[Collected data]

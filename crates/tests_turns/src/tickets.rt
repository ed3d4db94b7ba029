//! A field on which commits draw their places, and its seats: before the first turn,
//! and one turn after another.
ghost use Rattle.std.specs.Prelude.{◌≡◌, ◌≤◌, length, map, is_some, slice_set, None, IfOk, IsSome, OnOk};
ghost use Rattle.std.specs.List.{All};
ghost use Rattle.amoebot_state.specs.Configs.{bot_at};
ghost use Rattle.claim_rule.specs.Seating.{AreOf, IsFirst};
ghost use Rattle.claim_rule.specs.Tokens.{IsOf, number_in};

use crate::fixtures::{Counter, are_entries};
use crate::machine::{has_mark, is_left, machine_leaves};
use crate::turns::{IN_TURN, are_marked};
use amoebot_state::World;
use claim_core::{Journal, Lists, Mark, Marks};
use small_worlds::{Marker, lists_of, standing, world_in};
use std::alloc::Global;
use std::process::Abort;
use std::test::Fail;
use ticket_commit::{TicketField, TicketSeat, TicketSeats, activate_ticket};

/// A field over the world, with a seat for each caller.
fn field_of<'d>(
    alloc: Global,
    world: World,
    lists: &'d Lists,
) -> Result<(TicketField<'d, Marker>, TicketSeats<Marker>), Fail>
    requires some { 1 ≤ length lists.now.ids }
    requires bots { All (All (λ id. IsSome (bot_at world id))) lists.now.ids }
    ensures lists { IfOk result (λ made. made.0.terms.lists ≡ lists.now) }
    ensures of { IfOk result (λ made. AreOf made.0 made.1) }
    ensures all { IfOk result (λ made. All (λ seat. IsSome seat) made.1.seats) }
{
    match TicketField::make(alloc, &Marker, world, lists) {
        Ok(made) => Ok(made),
        Err(_) => Err(Fail::from("no field")),
    }
}

/// The world of four amoebots that are far from each other.
fn four_in(alloc: Global) -> Result<World, Fail> {
    let bots = [
        standing(1, 1, 0),
        standing(1, 6, 0),
        standing(6, 1, 0),
        standing(6, 6, 0),
    ];
    world_in(alloc, 8, 8, &bots)
}

#[test]
fn a_field_is_closed_before_its_first_turn(rt: HostRuntime) -> Result<(), Fail> {
    let world = four_in(rt.alloc())?;
    let lists = lists_of(rt.alloc(), 2, &world, &[&[0, 1], &[2, 3]])?;
    let (field, seats) = field_of(rt.alloc(), world, &lists)?;
    let (last, journal) = field.close(seats);
    assert!(rt; journal.entries().is_empty() && last.same(journal.first()));
    Ok(())
}

/// Whether each of four calls gives a seat.
fn seats_given(seats: &mut TicketSeats<Marker>) -> [bool; 4] {
    [
        seats.take().is_some(),
        seats.take().is_some(),
        seats.take().is_some(),
        seats.take().is_some(),
    ]
}

#[test]
fn each_seat_is_given_once(rt: HostRuntime) -> Result<(), Fail> {
    let world = four_in(rt.alloc())?;
    let lists = lists_of(rt.alloc(), 2, &world, &[&[0, 1], &[2, 3]])?;
    let (_field, mut seats) = field_of(rt.alloc(), world, &lists)?;
    let given = seats_given(&mut seats);
    assert!(rt; given == [true, true, false, false]);
    Ok(())
}

/// The seat of the least number that is there, which is to be this caller's, before its first turn.
fn seat_of(
    field: &TicketField<'_, Marker>,
    seats: &mut TicketSeats<Marker>,
    caller: u8,
) -> Result<TicketSeat<Marker>, Fail>
    requires { AreOf field.now seats.old }
    ensures rest { IfOk result (λ seat. AreOf field.now seats.new) }
    ensures seat { IfOk result (λ seat. IsOf field.now seat) }
    ensures first { IfOk result (λ seat. IsFirst seats.old.seats seat
        × (seats.new ≡ record seats.old { seats = slice_set seats.old.seats (number_in seat) None })) }
{
    match seats.take() {
        None => Err(Fail::from("no seat is left")),
        Some(seat) => {
            if seat.caller() != caller || seat.next_turn() != 0 {
                return Err(Fail::from("another seat"));
            }
            Ok(seat)
        }
    }
}

/// Makes the seat's next turn, which has this mark, as the machine has.
fn marked(
    rt: &impl Abort,
    field: &TicketField<'_, Marker>,
    lists: &Lists,
    expected: &Marks,
    gate: &Counter,
    seat: TicketSeat<Marker>,
    mark: Mark,
) -> Result<TicketSeat<Marker>, Fail>
    requires of { IsOf field.now seat }
    requires lists { field.now.terms.lists ≡ lists.now }
    ensures of { IfOk result (λ after. IsOf field.now after) }
    ensures same { IfOk result (λ after. number_in after ≡ number_in seat) }
{
    let turn = seat.next_turn();
    let caller = seat.caller();
    if caller >= lists.callers() || turn >= lists.turns() {
        return Err(Fail::from("no turn is left"));
    }
    let (after, answer) = activate_ticket(field, seat, gate, turn, lists.bot(caller, turn));
    assert!(rt; answer.caller() == caller && answer.turn() == turn && answer.mark() == mark);
    has_mark(rt, expected, caller, turn, mark)?;
    Ok(after)
}

/// Each of the two seats makes its next turn, with these marks.
fn one_each(
    rt: &impl Abort,
    field: &TicketField<'_, Marker>,
    lists: &Lists,
    expected: &Marks,
    gate: &Counter,
    seats: (TicketSeat<Marker>, TicketSeat<Marker>),
    marks: (Mark, Mark),
) -> Result<(TicketSeat<Marker>, TicketSeat<Marker>), Fail>
    requires first { IsOf field.now seats.0 }
    requires second { IsOf field.now seats.1 }
    requires lists { field.now.terms.lists ≡ lists.now }
    ensures first { IfOk result (λ after. IsOf field.now after.0 × (number_in after.0 ≡ number_in seats.0)) }
    ensures second { IfOk result (λ after. IsOf field.now after.1 × (number_in after.1 ≡ number_in seats.1)) }
{
    let (first, second) = seats;
    let first = marked(rt, field, lists, expected, gate, first, marks.0)?;
    let second = marked(rt, field, lists, expected, gate, second, marks.1)?;
    Ok((first, second))
}

/// One turn after another: both commit, and then both are idle. The gate is called in each.
fn in_turn(
    rt: &impl Abort,
    field: &TicketField<'_, Marker>,
    lists: &Lists,
    expected: &Marks,
    zero: TicketSeat<Marker>,
    one: TicketSeat<Marker>,
) -> Result<(TicketSeat<Marker>, TicketSeat<Marker>), Fail>
    requires zero { IsOf field.now zero }
    requires one { IsOf field.now one }
    requires lists { field.now.terms.lists ≡ lists.now }
    ensures zero { IfOk result (λ after. IsOf field.now after.0 × (number_in after.0 ≡ number_in zero)) }
    ensures one { IfOk result (λ after. IsOf field.now after.1 × (number_in after.1 ≡ number_in one)) }
{
    let gate = Counter::new();
    let done = (Mark::Done { place: 0 }, Mark::Done { place: 1 });
    let idle = (Mark::Idle { place: 2 }, Mark::Idle { place: 2 });
    let seats = one_each(rt, field, lists, expected, &gate, (zero, one), done)?;
    let (zero, one) = one_each(rt, field, lists, expected, &gate, seats, idle)?;
    assert!(rt; gate.calls() == 4);
    assert!(rt; zero.next_turn() == 2 && one.next_turn() == 2);
    Ok((zero, one))
}

/// Both seats are taken, make their turns, and are given back.
fn with_both_seats(
    rt: &impl Abort,
    field: &TicketField<'_, Marker>,
    lists: &Lists,
    expected: &Marks,
    seats: &mut TicketSeats<Marker>,
) -> Result<(), Fail>
    requires of { AreOf field.now seats.old }
    requires lists { field.now.terms.lists ≡ lists.now }
    ensures of { OnOk result (AreOf field.now seats.new) }
    ensures there { OnOk result (map is_some seats.new.seats ≡ map is_some seats.old.seats) }
{
    let zero = seat_of(field, seats, 0)?;
    let one = seat_of(field, seats, 1)?;
    let (zero_after, one_after) = in_turn(rt, field, lists, expected, zero, one)?;
    seats.give(one_after);
    seats.give(zero_after);
    Ok(())
}

/// What the field leaves once both callers have made their turns.
fn closed(
    rt: &impl Abort,
    field: TicketField<'_, Marker>,
    lists: &Lists,
    expected: &Marks,
    mut seats: TicketSeats<Marker>,
) -> Result<(World, Journal), Fail>
    requires of { AreOf field seats }
    requires lists { field.terms.lists ≡ lists.now }
    requires all { All (λ seat. IsSome seat) seats.seats }
{
    with_both_seats(rt, &field, lists, expected, &mut seats)?;
    Ok(field.close(seats))
}

/// What a field over the world leaves once both callers have made their turns.
fn left_in_turn(
    rt: &impl Abort,
    alloc: Global,
    world: World,
    lists: &Lists,
    expected: &Marks,
) -> Result<(World, Journal), Fail>
    requires some { 1 ≤ length lists.now.ids }
    requires bots { All (All (λ id. IsSome (bot_at world id))) lists.now.ids }
{
    let (field, seats) = field_of(alloc, world, lists)?;
    closed(rt, field, lists, expected, seats)
}

/// Two neighbours end with variable 0 at 1, and with two entries,
/// as the machine leaves them where the journal is taken.
#[test]
fn two_callers_draw_one_after_the_other_and_then_are_idle(rt: HostRuntime) -> Result<(), Fail> {
    let alloc = rt.alloc();
    let world = world_in(alloc, 8, 8, &[standing(2, 3, 0), standing(3, 3, 0)])?;
    let lists = lists_of(alloc, 2, &world, &[&[0], &[1]])?;
    let report = machine_leaves(alloc, &Marker, &world, &lists, &IN_TURN)?;
    let (last, journal) = left_in_turn(&rt, alloc, world, &lists, &report.turns)?;
    is_left(&rt, &report, &last, &journal);
    are_entries(&rt, &journal, &[(0, 0, 0), (1, 0, 1)]);
    are_marked(&rt, alloc, &last)
}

# WHAT YOU SHOULD DO:
Going line by line through the entries above, count each line that has the word "None", then state the count alone.

# ANSWER BOX:
3